Long term investing can be life changing when you buy and hold the truly great businesses. And we've seen some truly amazing gains over the years. Don't believe it? Then look at the LGI Homes, Inc. (NASDAQ:LGIH) share price. It's 318% higher than it was five years ago. This just goes to show the value creation that some businesses can achieve. On top of that, the share price is up 14% in about a quarter.
While markets are a powerful pricing mechanism, share prices reflect investor sentiment, not just underlying business performance. By comparing earnings per share (EPS) and share price changes over time, we can get a feel for how investor attitudes to a company have morphed over time.
Over half a decade, LGI Homes managed to grow its earnings per share at 68% a year. The EPS growth is more impressive than the yearly share price gain of 33% over the same period.
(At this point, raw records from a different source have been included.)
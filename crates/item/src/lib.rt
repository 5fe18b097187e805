// One value of a list at a time, seen flat: the step with which every list of parameters is walked.
#![tactic(auto)]

ghost use Rattle.std.specs.Prelude.{◌≡◌, ℕ};
ghost use Rattle.token.specs.Token.{token_at};
ghost use Rattle.value.specs.Value.{Value};
ghost use Rattle.value.specs.Read.{ok, named_by, value_at};
ghost use Rattle.item.specs.Item.{item_of, step_at};
ghost use Rattle.item.specs.Face.{face_of};
ghost use Rattle.item.specs.Laws.{Step};

use token::Token;

// A value, seen flat. Places are those of the slice that it was read from.
#[derive(Clone, Copy)]
pub enum Slot {
    // stays a slot, and no None around one: each reader asks for its kind in one match, and absent is a kind
    Absent,
    Int(u64),
    Bytes { at: usize, len: usize },
    // the place of its first value
    List(usize),
    Named,
}

#[derive(Clone, Copy)]
pub enum Item {
    // the end of the list
    Shut(usize),
    // a value that no integer names
    Plain { slot: Slot, next: usize },
    // a value that an integer names
    Named { name: u64, slot: Slot, next: usize },
    Broken,
}

// A value by its first token, seen flat.
#[tactic(auto, unfolding(crate::specs::Face::face_of))]
fn flat(t: Token) -> Slot
    ensures { result ≡ face_of t }
{
    match t {
        Token::Int { value, .. } => Slot::Int(value),
        Token::Bytes { start, len, .. } => Slot::Bytes { at: start, len },
        Token::Control { code: 0xf0, next } => Slot::List(next),
        Token::Control { .. } => Slot::Named,
        Token::End | Token::Broken => Slot::Absent,
    }
}

// The named value whose name stands at at and that ends at end, if one stands there.
fn named(s: &[u8], at: usize, end: usize) -> Item
    ensures { (d : ℕ) (v : Value) → named_by (token_at s.now) (value_at s.now d) at ≡ ok v end → result ≡ item_of v end }
{
    match token::read(s, at) {
        Token::Int { value, next } => Item::Named {
            name: value,
            slot: flat(token::read(s, next)),
            next: end,
        },
        _ => Item::Plain {
            slot: Slot::Named,
            next: end,
        },
    }
}

// What stands at at in a list whose values nest to depth: its end, or its next value.
pub fn step(s: &[u8], at: usize, depth: usize) -> Item
    ensures { result ≡ step_at s.now depth at }
{
    let t = token::read(s, at);
    if let Some(end) = value::mark(t, 0xf1) {
        return Item::Shut(end);
    }
    let Some(next) = value::opened_in(s, t, depth) else {
        return Item::Broken;
    };
    match value::mark(t, 0xf2) {
        Some(name) => named(s, name, next),
        None => Item::Plain {
            slot: flat(t),
            next,
        },
    }
}

// A step finds the end of the list, or its first value in front of the others.
pub fn law_step()
    ensures { Step }
{}
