// Domains.
ghost use Rattle.text_spec.specs.Fill.{IsFilledBy};
ghost use Rattle.types_base.specs.Drawn.{IsMadeOfDrawn};

use crate::identifier::uuid_or_new;
use crate::mac::fill_macs;
use std::alloc::Global;
use std::mem;
use types_base::{DomainDef, ListOf, Random};

/// Gives the definition an identifier and addresses where it has none: an identifier of version 4 of
/// the next two words, then for each interface in order 52:54:00 and the low three bytes of the
/// next word, raised by one modulo 2^24 until no other interface has it. What is there stays. No
/// other words are drawn.
///
/// It takes no memory: the allocator is for a list that stays empty.
pub fn fill_domain<R: Random>(alloc: Global, def: &mut DomainDef, random: &mut R)
    ensures { IsMadeOfDrawn (λ words. IsFilledBy words def.old def.new)
        (R.drawn random.old) (R.drawn random.new) }
{
    def.uuid = uuid_or_new(def.uuid, random);
    let mut interfaces = mem::replace(&mut def.interfaces, ListOf::new(alloc)).into_vec();
    fill_macs(interfaces.as_mut_slice(), random);
    def.interfaces = ListOf::of(interfaces);
}
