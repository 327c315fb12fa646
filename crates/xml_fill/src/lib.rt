//! Fills in what definitions lack: identifiers and addresses of interfaces.
#![tactic(auto)]

mod device;
mod domain;
mod identifier;
mod mac;

pub use device::fill_device;
pub use domain::fill_domain;
pub use identifier::uuid_or_new;
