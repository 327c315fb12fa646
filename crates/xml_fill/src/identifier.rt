// Identifiers of version 4.
ghost use Rattle.std.specs.Prelude.{◌≡◌, ◌∷◌, [], ℕ};
ghost use Rattle.std.specs.Io.KnownBytes.{Appends};
ghost use Rattle.text_spec.specs.Fill as spec;
ghost use Rattle.types_base.specs.Drawn.{IsMadeOfDrawn};

use types_base::{Random, Uuid};
use uuid::Builder;

/// The identifier of version 4 (RFC 9562, section 5.4) of two words, the high byte first.
#[tactic(auto, unfolding(text_spec::specs::Fill::version_4))]
fn version_4(high: u64, low: u64) -> Uuid
    ensures { result ≡ spec.version_4 high low }
{
    Builder::from_random_bytes(Uuid::from_u64_pair(high, low).into_bytes()).into_uuid()
}

/// An identifier of the next two words.
fn next_uuid<R: Random>(random: &mut R) -> Uuid
    ensures { (high : ℕ) × (low : ℕ) × (result ≡ spec.version_4 high low)
        × Appends (R.drawn random.old) (R.drawn random.new) (high ∷ low ∷ []) }
{
    let high = random.word();
    let low = random.word();
    version_4(high, low)
}

/// The identifier that is there, or a new one.
pub fn uuid_or_new<R: Random>(uuid: Option<Uuid>, random: &mut R) -> Option<Uuid>
    ensures { IsMadeOfDrawn (λ words. spec.IsUuidFilled words uuid result)
        (R.drawn random.old) (R.drawn random.new) }
{
    match uuid {
        Some(uuid) => Some(uuid),
        None => Some(next_uuid(random)),
    }
}
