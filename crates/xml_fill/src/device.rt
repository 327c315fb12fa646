// Devices on their own.
ghost use Rattle.text_spec.specs.Fill.{IsDeviceFilledBy};
ghost use Rattle.types_base.specs.Drawn.{IsMadeOfDrawn};

use crate::mac::{local_mac, tail_of};
use types_base::{DeviceDef, Random};

/// Gives the device an address: an interface without one gets 52:54:00 and the low three bytes of the
/// next word. What is there stays, and no word is drawn for it.
pub fn fill_device<R: Random>(device: &mut DeviceDef, random: &mut R)
    ensures { IsMadeOfDrawn (λ words. IsDeviceFilledBy words device.old device.new)
        (R.drawn random.old) (R.drawn random.new) }
{
    match device {
        DeviceDef::Disk(_) => {}
        DeviceDef::Interface(interface) => {
            if interface.mac.is_none() {
                interface.mac = Some(local_mac(tail_of(random.word())));
            }
        }
    }
}
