// Addresses of interfaces.
ghost use Rattle.std.specs.Prelude.{◌≡◌, ◌<◌, ◌%◌, ◌∷◌, [], length};
ghost use Rattle.xml_fill.specs.Chosen.{IsMacChosen};
ghost use Rattle.text_spec.specs.Fill as spec;
ghost use Rattle.types_base.specs.Drawn.{IsMadeOfDrawn};

use types_base::{Interface, Mac, Random};

/// How many addresses the range 52:54:00 has.
const TAILS: u32 = 1 << 24;

/// The low three bytes of a word.
pub(crate) fn tail_of(word: u64) -> u32
    ensures value { result ≡ word % spec.tails }
    ensures within { result < spec.tails }
{
    (word % TAILS as u64) as u32
}

/// The address 52:54:00 with three further bytes.
#[tactic(auto, unfolding(text_spec::specs::Fill::local_mac))]
pub(crate) fn local_mac(tail: u32) -> Mac
    requires { tail < spec.tails }
    ensures { result ≡ spec.local_mac tail }
{
    let high = (tail >> 16) as u8;
    let middle = ((tail >> 8) & 0xff) as u8;
    let low = (tail & 0xff) as u8;
    Mac {
        bytes: [0x52, 0x54, 0x00, high, middle, low],
    }
}

/// Whether an interface has this address.
#[tactic(auto, unfolding(text_spec::specs::Fill::has_mac))]
fn has_mac(interface: &Interface, mac: Mac) -> bool
    ensures { result ≡ spec.has_mac mac interface.now }
{
    match interface.mac {
        Some(own) => own.bytes.as_slice() == mac.bytes.as_slice(),
        None => false,
    }
}

/// Whether one of these interfaces has this address.
fn is_taken(interfaces: &[Interface], mac: Mac) -> bool
    ensures { result ≡ spec.is_taken interfaces.now mac }
{
    interfaces.iter().any(|interface| has_mac(interface, mac))
}

/// The next address of the range.
fn next_tail(tail: u32) -> u32
    requires { tail < spec.tails }
    ensures value { result ≡ spec.next_tail tail }
    ensures within { result < spec.tails }
{
    (tail + 1) % TAILS
}

/// Raised by one until no interface has it.
fn raised(interfaces: &[Interface], start: u32) -> u32
    requires { start < spec.tails }
    ensures value { result ≡ spec.raised spec.tails interfaces.now start }
    ensures within { result < spec.tails }
{
    let mut tail = start;
    let mut left = TAILS;
    while left > 0 && is_taken(interfaces, local_mac(tail)) {
        tail = next_tail(tail);
        left -= 1;
    }
    tail
}

/// The address of a word that none of these interfaces has.
fn mac_among(interfaces: &[Interface], word: u64) -> Mac
    ensures { result ≡ spec.mac_among interfaces.now word }
{
    local_mac(raised(interfaces, tail_of(word)))
}

/// The address of the interface at a place, or a new one.
fn mac_or_new<R: Random>(interfaces: &[Interface], place: usize, random: &mut R) -> Mac
    requires { place < length interfaces.now }
    ensures { IsMadeOfDrawn (λ words. IsMacChosen words interfaces.now place result)
        (R.drawn random.old) (R.drawn random.new) }
{
    match interfaces[place].mac {
        Some(mac) => mac,
        None => mac_among(interfaces, random.word()),
    }
}

/// Gives each interface that has no address one of the next word.
pub(crate) fn fill_macs<R: Random>(interfaces: &mut [Interface], random: &mut R)
    ensures { IsMadeOfDrawn (λ words. spec.AreMacsFilled words [] interfaces.old interfaces.new)
        (R.drawn random.old) (R.drawn random.new) }
{
    for place in 0..interfaces.len() {
        let mac = mac_or_new(interfaces, place, random);
        interfaces[place].mac = Some(mac);
    }
}
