// Tiles of 16 by 16 pixels: the counts of each in a lent table, kept tile by tile, and whether the tiles that a rectangle touches are sound.
// Document 02, (iv). Tiles count row by row from the top left, and those at the right and bottom edge may be smaller.
// What takes a rectangle takes any, and any cells and table: where the rectangle leaves the picture, or the cells or the table are too few, it
// changes nothing and says so, and what lies beyond the tiles' numbers is never touched.
#![tactic(auto)]

ghost use Rattle.std.specs.Prelude.{◌≡◌, true, ◌||◌, ◌<◌, min, eqb, length};
ghost use Rattle.image.specs.Range.{in_picture};
ghost use Rattle.tiles.specs.Tiles.{tiles_along, tile_count, touched_tiles, touched_damaged, recountable, table_recounted};
ghost use Rattle.tiles.specs.TilesComputed.{tiles_of};

mod counting;

use image::{CellKind, PixelRange};

// How many tiles a picture has: the table has four numbers for each.
pub fn tile_count(width: u32, height: u32) -> usize
    ensures { result ≡ tile_count width height }
{
    tiles_along(width as usize) * tiles_along(height as usize)
}

// Whether a tile that the rectangle touches holds a damaged cell. A rectangle without a pixel is rounded out to whole tiles all the same.
pub fn holds_damage(cells: &[u64], width: u32, height: u32, r: PixelRange) -> Option<bool>
    ensures { result ≡ touched_damaged width height r cells.now }
{
    if !image::is_ready(width, height, r, cells.len()) {
        return None;
    }
    let rounded = rounded_out(width as usize, height as usize, r);
    image::tile_holds(cells, width, height, rounded, CellKind::Damaged)
}

// Counts the touched tiles anew when so many blocks have been taken, and no other; answers whether it was done.
pub fn recount(
    cells: &[u64],
    width: u32,
    height: u32,
    r: PixelRange,
    taken: u64,
    table: &mut [u32],
) -> bool
    ensures value { result ≡ recountable width height r (length cells.now) (length table.old) }
    ensures table_after { table.new ≡ table_recounted width height r taken cells.now table.old }
{
    if !is_recountable(width, height, r, cells.len(), table.len()) {
        return false;
    }
    if is_empty(r) {
        return true;
    }
    let tiles = tiles_of(width as usize, height as usize, r);
    counting::recount_rows(cells, width, height, tiles, taken, table);
    true
}

// The tiles along a side.
fn tiles_along(side: usize) -> usize
    requires { side < 4294967296 }
    ensures { result ≡ tiles_along side }
{
    (side + 15) / 16
}

// Whether the rectangle lies in the picture, every pixel has a cell and every tile its four numbers.
fn is_recountable(width: u32, height: u32, r: PixelRange, count: usize, room: usize) -> bool
    ensures { result ≡ recountable width height r count room }
{
    image::is_ready(width, height, r, count) & (4 * tile_count(width, height) <= room)
}

// Whether the rectangle, which lies in the picture, has no pixel.
fn is_empty(r: PixelRange) -> bool
    ensures { result ≡ (eqb r.left r.right || eqb r.top r.bottom) }
{
    (r.left == r.right) | (r.top == r.bottom)
}

// The rectangle, rounded out to whole tiles as far as the picture goes.
fn rounded_out(width: usize, height: usize, r: PixelRange) -> PixelRange
    requires { (width < 4294967296) × (height < 4294967296) × (in_picture width height r ≡ true) }
    ensures { result ≡ touched_tiles width height r }
{
    PixelRange {
        left: 16 * (r.left / 16),
        right: (16 * tiles_along(r.right)).min(width),
        top: 16 * (r.top / 16),
        bottom: (16 * tiles_along(r.bottom)).min(height),
    }
}

// The columns and rows of tiles that the rectangle touches.
fn tiles_of(width: usize, height: usize, r: PixelRange) -> PixelRange
    requires { (width < 4294967296) × (height < 4294967296) × (in_picture width height r ≡ true) }
    ensures { result ≡ tiles_of r }
{
    PixelRange {
        left: r.left / 16,
        right: tiles_along(r.right),
        top: r.top / 16,
        bottom: tiles_along(r.bottom),
    }
}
Therefore, it seems the market has become relatively pessimistic about the company.
You can see how EPS has changed over time in the image below (click on the chart to see the exact values).
Dive deeper into LGI Homes's key metrics by checking this interactive graph of LGI Homes's earnings, revenue and cash flow.
A Different Perspective
It's good to see that LGI Homes has rewarded shareholders with a total shareholder return of 53% in the last twelve months. Since the one-year TSR is better than the five-year TSR (the latter coming in at 33% per year), it would seem that the stock's performance has improved in recent times. Given the share price momentum remains strong, it might be worth taking a closer look at the stock, lest you miss an opportunity. Most investors take the time to check the data on insider transactions. You can click here to see if insiders have been buying or selling.
Of course LGI Homes may not be the best stock to buy. So you may wish to see this free collection of growth stocks.
Please note, the market returns quoted in this article reflect the market weighted average returns of stocks that currently trade on US exchanges.
We aim to bring you long-term focused research analysis driven by fundamental data. Note that our analysis may not factor in the latest price-sensitive company announcements or qualitative material.
If you spot an error that warrants correction, please contact the editor at email@example.com. This article by Simply Wall St is general in nature. It does not constitute a recommendation to buy or sell any stock, and does not take account of your objectives, or your financial situation. Simply Wall St has no position in the stocks mentioned. Thank you for reading.